Stored items
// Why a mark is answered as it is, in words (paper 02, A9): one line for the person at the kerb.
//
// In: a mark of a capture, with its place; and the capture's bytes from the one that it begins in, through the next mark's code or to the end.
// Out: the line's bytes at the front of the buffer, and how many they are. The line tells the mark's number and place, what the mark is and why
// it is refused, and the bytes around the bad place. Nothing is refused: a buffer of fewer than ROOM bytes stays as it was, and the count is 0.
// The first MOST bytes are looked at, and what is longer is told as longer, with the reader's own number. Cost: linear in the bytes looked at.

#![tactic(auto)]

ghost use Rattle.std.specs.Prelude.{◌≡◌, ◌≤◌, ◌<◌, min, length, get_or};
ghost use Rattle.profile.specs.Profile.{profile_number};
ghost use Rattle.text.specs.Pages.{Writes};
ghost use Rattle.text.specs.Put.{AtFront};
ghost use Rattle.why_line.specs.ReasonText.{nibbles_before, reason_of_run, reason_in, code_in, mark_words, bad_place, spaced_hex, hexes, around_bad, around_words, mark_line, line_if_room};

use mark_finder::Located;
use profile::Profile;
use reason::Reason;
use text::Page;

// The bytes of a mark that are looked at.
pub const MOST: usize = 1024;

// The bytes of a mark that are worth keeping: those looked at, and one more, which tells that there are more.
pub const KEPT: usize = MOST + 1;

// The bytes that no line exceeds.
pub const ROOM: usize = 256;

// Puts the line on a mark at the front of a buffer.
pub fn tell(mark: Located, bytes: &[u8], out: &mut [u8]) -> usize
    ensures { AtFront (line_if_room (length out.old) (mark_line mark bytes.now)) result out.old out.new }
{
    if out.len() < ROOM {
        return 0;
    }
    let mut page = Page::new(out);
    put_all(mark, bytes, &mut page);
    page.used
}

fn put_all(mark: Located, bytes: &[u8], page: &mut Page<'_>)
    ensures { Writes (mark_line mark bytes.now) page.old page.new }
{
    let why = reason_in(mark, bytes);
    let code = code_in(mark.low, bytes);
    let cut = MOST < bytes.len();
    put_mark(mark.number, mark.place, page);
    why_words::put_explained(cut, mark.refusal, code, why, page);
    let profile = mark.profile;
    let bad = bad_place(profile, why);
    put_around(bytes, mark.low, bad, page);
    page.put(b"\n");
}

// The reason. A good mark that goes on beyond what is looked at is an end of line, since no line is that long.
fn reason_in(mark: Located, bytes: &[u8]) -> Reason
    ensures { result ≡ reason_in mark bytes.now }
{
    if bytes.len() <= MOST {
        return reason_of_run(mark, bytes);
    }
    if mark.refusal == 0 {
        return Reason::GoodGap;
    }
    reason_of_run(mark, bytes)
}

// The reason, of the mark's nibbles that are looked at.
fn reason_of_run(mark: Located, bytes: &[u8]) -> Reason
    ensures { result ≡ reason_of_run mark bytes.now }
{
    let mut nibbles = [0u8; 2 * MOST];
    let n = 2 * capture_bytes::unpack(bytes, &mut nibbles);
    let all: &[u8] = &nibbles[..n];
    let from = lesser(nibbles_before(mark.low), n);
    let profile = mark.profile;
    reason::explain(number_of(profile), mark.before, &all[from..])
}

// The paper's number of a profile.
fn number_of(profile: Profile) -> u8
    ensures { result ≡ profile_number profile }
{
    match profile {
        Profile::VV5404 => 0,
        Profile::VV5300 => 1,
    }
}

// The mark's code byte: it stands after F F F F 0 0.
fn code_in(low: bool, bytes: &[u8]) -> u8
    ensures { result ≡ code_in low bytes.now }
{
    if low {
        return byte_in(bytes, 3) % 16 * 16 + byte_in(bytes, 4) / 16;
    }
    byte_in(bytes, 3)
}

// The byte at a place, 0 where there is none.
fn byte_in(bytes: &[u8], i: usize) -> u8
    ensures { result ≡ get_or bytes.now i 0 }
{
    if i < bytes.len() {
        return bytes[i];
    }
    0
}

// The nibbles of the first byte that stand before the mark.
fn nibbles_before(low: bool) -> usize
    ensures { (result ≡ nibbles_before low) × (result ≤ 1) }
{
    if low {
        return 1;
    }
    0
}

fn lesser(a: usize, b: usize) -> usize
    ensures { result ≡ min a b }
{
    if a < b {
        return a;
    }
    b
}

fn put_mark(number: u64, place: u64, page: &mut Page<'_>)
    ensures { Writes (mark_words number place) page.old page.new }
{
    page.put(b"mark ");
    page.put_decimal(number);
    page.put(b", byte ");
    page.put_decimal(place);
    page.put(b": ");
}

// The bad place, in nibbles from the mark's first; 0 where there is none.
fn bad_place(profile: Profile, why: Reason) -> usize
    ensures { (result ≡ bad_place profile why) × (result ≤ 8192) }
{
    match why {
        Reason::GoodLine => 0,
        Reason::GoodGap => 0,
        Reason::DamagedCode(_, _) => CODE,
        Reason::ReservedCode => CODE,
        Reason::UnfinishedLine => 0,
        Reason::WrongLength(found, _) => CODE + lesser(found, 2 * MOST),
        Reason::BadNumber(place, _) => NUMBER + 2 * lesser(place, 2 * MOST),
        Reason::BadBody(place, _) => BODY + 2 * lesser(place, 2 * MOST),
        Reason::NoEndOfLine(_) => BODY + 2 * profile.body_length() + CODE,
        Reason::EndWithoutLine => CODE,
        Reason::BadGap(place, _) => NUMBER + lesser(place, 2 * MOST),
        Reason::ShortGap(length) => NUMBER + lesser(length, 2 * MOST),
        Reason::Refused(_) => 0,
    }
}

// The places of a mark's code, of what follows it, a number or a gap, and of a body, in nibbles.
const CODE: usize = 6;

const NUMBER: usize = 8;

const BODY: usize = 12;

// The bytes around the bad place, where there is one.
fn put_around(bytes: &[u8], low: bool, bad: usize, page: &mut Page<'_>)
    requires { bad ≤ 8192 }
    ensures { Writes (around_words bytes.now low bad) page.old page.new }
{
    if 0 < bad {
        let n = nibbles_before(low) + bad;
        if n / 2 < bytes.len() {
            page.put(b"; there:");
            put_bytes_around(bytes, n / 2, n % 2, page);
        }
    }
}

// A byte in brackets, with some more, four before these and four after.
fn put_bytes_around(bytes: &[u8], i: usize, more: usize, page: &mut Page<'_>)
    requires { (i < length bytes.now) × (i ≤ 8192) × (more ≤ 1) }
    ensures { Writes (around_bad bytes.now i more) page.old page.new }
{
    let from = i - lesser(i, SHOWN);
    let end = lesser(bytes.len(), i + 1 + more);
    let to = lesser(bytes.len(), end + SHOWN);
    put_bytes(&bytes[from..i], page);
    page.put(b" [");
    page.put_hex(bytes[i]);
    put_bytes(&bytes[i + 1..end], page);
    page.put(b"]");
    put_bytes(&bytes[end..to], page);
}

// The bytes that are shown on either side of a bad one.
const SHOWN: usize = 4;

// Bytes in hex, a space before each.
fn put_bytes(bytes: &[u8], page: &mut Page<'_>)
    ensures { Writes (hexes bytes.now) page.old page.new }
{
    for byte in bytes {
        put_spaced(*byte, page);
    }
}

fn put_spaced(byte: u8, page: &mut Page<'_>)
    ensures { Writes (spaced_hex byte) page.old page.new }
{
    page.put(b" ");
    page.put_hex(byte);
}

• What needs to be done: Quote the records above exactly, from the first line through the line containing "mark is and why", and nothing more.

• Expected output:
// Why a mark is answered as it is, in words (paper 02, A9): one line for the person at the kerb.
//
// In: a mark of a capture, with its place; and the capture's bytes from the one that it begins in, through the next mark's code or to the end.
// Out: the line's bytes at the front of the buffer, and how many they are. The line tells the mark's number and place, what the mark is and why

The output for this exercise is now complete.